2004年版『通商白書』によれば、東アジア域内の経済緊密化の度合いは、「欧州統合のプロセスが開始された時点に近い状況」にあり、貿易補完関係はNAFTA結成時のアメリカ、カナダ、メキシコよりも強かった。つまり東アジアでは、高い関税率などさまざまな貿易障壁を残したまま、市場統合を完成させた地域と同水準の高い経済的相互補完性を実現していたということだ。それだけに、自由貿易交渉をわざわざ始めるだけのモチベーションに乏しかったといえるだろう。

ところが東アジアは突然、危機を共有した。それが1997年のアジア通貨危機だ。タイのバーツ、インドネシアのルピアそして韓国ウォンが連鎖的に大幅に暴落した。その間、中国に返還されたばかりの香港ドルも通貨投機にさらされ、フィリピンもマレーシアも通貨防衛のために国内経済資源を犠牲にした。当然この地域に対する莫大な日本の投資は激しく傷んだ。

これを契機として東アジアは、それまでの市場任せの国際分業体制ではなく、それを守るためにも政策的な協力が必要だというモチベーションを共有したのだった。

4.ASEAN+3(日中韓)

つまり東アジア経済連携はASEAN10カ国と日本、中国、韓国という枠組みでスタートした。その内実化のイニシアティブをとったのは、意外と思われるかもしれないが日本、韓国、そして日韓だった。

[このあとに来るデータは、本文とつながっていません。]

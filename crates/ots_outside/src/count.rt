ghost use Rattle.std.specs.Prelude.{◌≡◌, ◌≤◌, ℕ};
ghost use Rattle.ots_base.specs.Cause.{Rose, one_more};

use std::marker::Model;

/// A count from 0, which stays once it is at 2^64 - 1.
#[derive(Drop)]
pub struct Count {
    value: u64,
}

impl Model for Count {
    ghost Value = { ℕ };

    ghost view = { λ count. count.value };
}

impl Count {
    /// Nothing is counted yet.
    pub fn new() -> Count
        ensures { result ≡ 0 }
    {
        Count { value: 0 }
    }

    /// The count.
    pub fn value(&self) -> u64
        ensures { result ≡ self.now }
    {
        self.value
    }

    /// The count after the next rise.
    pub fn next(&self) -> u64
        ensures { result ≡ one_more self.now }
    {
        self.value.saturating_add(1)
    }

    /// Counts one more.
    pub fn rise(&mut self)
        ensures counted { self.new ≡ one_more self.old }
        ensures later { self.old ≤ self.new }
        ensures rose { Rose self.old self.new }
    {
        self.value = self.value.saturating_add(1);
    }
}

東アジア域内金融協力については「宮沢構想」と呼ばれるように、宮沢喜一元首相(当時大蔵大臣)が提唱したものだった。また韓国の金大中大統領は1998年にASEAN+日中韓の自由貿易形成検討を呼びかけている。その土台となるのは1998年の金大中大統領と小渕恵三首相の日韓共同声明だった。日韓両国のパートナーシップを確認して、両者で中国に呼びかけ、日中韓首脳会談に結びつけた。

日韓両国は2002年のサッカーFIFAワールドカップ共同開催、2003年「冬のソナタ」(韓流ドラマ)ブームと良好な関係を築いていたかに見えたが、同時に暗い影が忍び寄っていた。2001年小泉首相は1985年の中曽根首相、1996年の橋本首相以来の靖国神社参拝を行い、中国からの反発を受けながら毎年参拝を続け、2015年には中国で大規模な反日デモが発生した。それでも小泉首相はついに2006年、21年ぶりに終戦記念日に靖国神社を参拝した。この賛否は他に譲るとして、とにかく東アジア域内金融協力も自由貿易圏構想も凍りついたままにされた。

5.そしてインドが入った

こうして日中関係が最悪になるなか2007年、日本政府がRCEPの枠組みを提案したのだった。つまりそれまでのASEAN+日中韓にオーストラリア、ニュージーランド、インドを加えたものだ。これを東アジア地域包括的経済連携と名付けたのだ。アメリカの同盟国と、中国と対立する核保有国インドを参加させる、明らかな中国抑止の枠組みだ。

中国はあくまでも従来の枠組みを主張するが、ASEANには南シナ海領有権を巡って中国と対立するベトナムやフィリピンなど中国の影響力を警戒する声もある。いずれにせよ、参加国をどうするという問題から、交渉は振出しに戻った。

そして2008年、リーマンショックが起こり、東アジア経済も甚深な打撃を受けた。ぼくは、東アジア経済連携の中途挫折が悔やまれてならなかった。しかしその後も尖閣事件(2010年)、李明博韓国大統領の竹島上陸(2012年)と日中韓の対立は深まる。

そうしたなかで、2012年にRCEP交渉開始が宣言され(11月、カンボジア)、2013年に第1回交渉会合が開かれたのだ(5月、ブルネイ)。アジアの広域経済圏交渉に、中国をけん制する体制が組み込まれた。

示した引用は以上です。